In most families there is a structure on the leading edge near the tip of the wing called the pterostigma. This is a thickened, blood–filled and often colorful area bounded by veins. The functions of the pterostigma are not fully known, but it most probably has an aerodynamic effect and also a visual function. More mass at the end of the wing may also reduce the energy needed to move the wings up and down. The right combination of wing stiffness and wing mass could reduce the energy consumption of flying. A pterostigma is also found among other insects, such as bees.

The nymphs have stockier, shorter, bodies than the adults. In addition to lacking wings, their eyes are smaller, their antennae longer, and their heads are less mobile than in the adult. Their mouthparts are modified, with the labium being adapted into a unique prehensile organ for grasping prey. Damselfly nymphs breathe through external gills on the abdomen, while dragonfly nymphs respire through an organ in their rectum.

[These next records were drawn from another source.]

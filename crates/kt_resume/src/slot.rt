//! What a shard knows of one worker.
//! Cited by entries.rt, shard.rt, suits.rt.

ghost use Rattle.std.specs.Prelude.{◌≡◌, ◌↔◌, IfOk, IsTrue, Some};
ghost use Rattle.std.specs.Option.{option_copied};
ghost use Rattle.kt_history.specs.declared.note.What.TheVariants as whats;
ghost use Rattle.kt_logs.specs.ShardLog.{AnswersAgain, Hears, Ignores, request_of};
ghost use Rattle.kt_shard.specs.Session.{empty_session, cached_answer, newest, same_request};
ghost use Rattle.kt_resume.specs.Remade.{empty_slot};
ghost use Rattle.kt_resume.specs.auxiliary.Slots.{slot_after};

use kt_history::Act;
use kt_shard::{CachedReply, Request, Session};
use kt_tuple::Answer;
use std::alloc::{AllocError, Global};
use std::marker::Model;

/// What a shard knows of one worker while it is made again.
#[derive(Debug, Drop)]
pub(crate) struct Slot {
    /// What it remembers of the worker.
    session: Session,
    /// The cause of the last hearing of the worker, 0 before the first. A service is caused by what caused that.
    cause: u64,
}

impl Model for Slot {
    ghost use Rattle.kt_resume.specs.Remade.{Slot as Known};

    ghost Value = { Known };

    ghost view = { λ s. record { session = s.session; cause = s.cause } };
}

impl Slot {
    /// Of a worker that was not heard of.
    pub(crate) fn new() -> Slot
        ensures { result ≡ empty_slot }
    {
        Slot {
            session: Session {
                waiting: None,
                cached: None,
            },
            cause: 0,
        }
    }

    /// What is remembered of the worker.
    pub(crate) fn session(&self) -> &Session
        ensures { result.now ≡ self.now.session }
    {
        &self.session
    }

    /// Whether nothing is remembered of the worker.
    pub(crate) fn is_empty(&self) -> bool
        ensures { IsTrue result ↔ (self.now.session ≡ empty_session) }
    {
        self.session.waiting.is_none() && self.session.cached.is_none()
    }

    /// Hears the request of the act, if its number is new, and says whether it is.
    pub(crate) fn hear(&mut self, alloc: Global, act: &Act) -> Result<bool, AllocError>
        ensures may { IfOk result (λ may. IsTrue may ↔ Hears act.now.number self.old.session) }
        ensures after { IfOk result (λ may. IsTrue may
            → self.new ≡ slot_after self.old act.now whats.Heard) }
    {
        if act.number <= self.newest() {
            return Ok(false);
        }
        let op = act.op.copy(alloc)?;
        self.session.waiting = Some(Request {
            number: act.number,
            op,
        });
        self.cause = act.by;
        Ok(true)
    }

    /// Keeps the answer of the act, if the worker waits with just its request and its cause is that of the last
    /// hearing, and says whether that is so.
    pub(crate) fn serve(
        &mut self,
        alloc: Global,
        act: &Act,
        answer: &Answer,
    ) -> Result<bool, AllocError>
        ensures may { IfOk result (λ may. IsTrue may
            ↔ ((self.old.session.waiting ≡ Some (request_of act.now)) × (act.now.by ≡ self.old.cause))) }
        ensures after { IfOk result (λ may. IsTrue may
            → self.new ≡ slot_after self.old act.now (whats.Served answer.now)) }
    {
        if !(self.waits_with(act) && act.by == self.cause) {
            return Ok(false);
        }
        let op = act.op.copy(alloc)?;
        let answer = answer.copy(alloc)?;
        let request = Request {
            number: act.number,
            op,
        };
        drop(self.session.waiting.take());
        drop(self.session.cached.replace(CachedReply { request, answer }));
        Ok(true)
    }

    /// Whether this answer to the request of the act is kept, and the worker does not wait.
    pub(crate) fn answers_again(&self, act: &Act, answer: &Answer) -> bool
        ensures { IsTrue result ↔ AnswersAgain (request_of act.now) answer.now self.now.session }
    {
        match self.cached_answer(act) {
            Some(cached) => cached == answer,
            None => false,
        }
    }

    /// Whether the request of the act is neither new nor to be answered again.
    pub(crate) fn ignores(&self, act: &Act) -> bool
        ensures { IsTrue result ↔ Ignores (request_of act.now) self.now.session }
    {
        act.number <= self.newest() && self.cached_answer(act).is_none()
    }

    /// The greatest number that was heard of the worker, or 0.
    fn newest(&self) -> u64
        ensures { result ≡ newest self.now.session }
    {
        let waiting = match &self.session.waiting {
            Some(request) => request.number,
            None => 0,
        };
        let cached = match &self.session.cached {
            Some(cached) => cached.request.number,
            None => 0,
        };
        waiting.max(cached)
    }

    /// Whether the worker waits with the request of the act.
    fn waits_with(&self, act: &Act) -> bool
        ensures { IsTrue result ↔ (self.now.session.waiting ≡ Some (request_of act.now)) }
    {
        match &self.session.waiting {
            Some(request) => is_of(request, act),
            None => false,
        }
    }

    /// What was answered to the request of the act, where it is the one kept and the worker does not wait.
    fn cached_answer(&self, act: &Act) -> Option<&Answer>
        ensures { option_copied result ≡ cached_answer self.now.session (request_of act.now) }
    {
        match (&self.session.waiting, &self.session.cached) {
            (None, Some(cached)) => {
                if is_of(&cached.request, act) {
                    Some(&cached.answer)
                } else {
                    None
                }
            }
            _ => None,
        }
    }
}

/// Whether the act is about this request.
fn is_of(request: &Request, act: &Act) -> bool
    ensures { result ≡ same_request request.now (request_of act.now) }
{
    request.number == act.number && request.op == act.op
}
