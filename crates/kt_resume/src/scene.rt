//! The nodes of a scene with so many shards and a worker for each script.
//! Cited by judging.rt, leads.rt, logs.rt.

ghost use Rattle.std.specs.Prelude.{◌≡◌, ◌++◌, IfOk, map};
ghost use Rattle.std.specs.List.{range_with_len};
ghost use Rattle.std.specs.Option.{option_copied};
ghost use Rattle.kt_tuple.specs.declared.node.NodeId.TheVariants as ids;
ghost use Rattle.kt_scenario.specs.Scene.{SceneModel, is_node, script_in};
ghost use Rattle.kt_resume.specs.Found.{scene_of};

use kt_script::Script;
use kt_tuple::NodeId;
use std::alloc::{AllocError, Global};

/// The nodes of a scene with so many shards and workers, in node order.
pub(crate) fn nodes_of(alloc: Global, shards: u8, workers: u8) -> Result<Vec<NodeId>, AllocError>
    ensures { IfOk result (λ nodes. nodes.items ≡
        map (λ n. ids.Worker n) (range_with_len 1 workers) ++ map (λ n. ids.Shard n) (range_with_len 1 shards)) }
{
    let mut nodes = Vec::with_capacity(alloc, usize::from(workers) + usize::from(shards))?;
    for worker in 0..workers {
        nodes.push(NodeId::Worker(worker + 1))?;
    }
    for shard in 0..shards {
        nodes.push(NodeId::Shard(shard + 1))?;
    }
    Ok(nodes)
}

/// The script of the node, where it is a worker of the scene.
pub(crate) fn script_of(scripts: &[Script], node: NodeId) -> Option<&Script>
    ensures { (scene : SceneModel) → scene.scripts ≡ scripts.now → option_copied result ≡ script_in scene node }
{
    match node {
        NodeId::Worker(0) | NodeId::Shard(_) => None,
        NodeId::Worker(number) => scripts.get(usize::from(number - 1)),
    }
}

/// Whether the node is in the scene.
pub(crate) fn is_in_scene(shards: u8, scripts: &[Script], node: NodeId) -> bool
    ensures { result ≡ is_node (scene_of shards scripts.now) node }
{
    match node {
        NodeId::Worker(_) => script_of(scripts, node).is_some(),
        NodeId::Shard(number) => 1 <= number && number <= shards,
    }
}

Although generally fairly similar, dragonflies differ from damselflies in several, easily recognizable traits. Dragonflies are strong fliers with fairly robust bodies and at rest hold their wings either out to the side or out and downward (or even somewhat forward). Damselflies tend to be less robust, even rather weak appearing in flight, and when at rest most species hold their wings folded back over the abdomen (see photograph below, left). Dragonfly eyes occupy much of the animal's head, touching (or nearly touching) each other across the face. In damselflies, there is typically a gap between the eyes.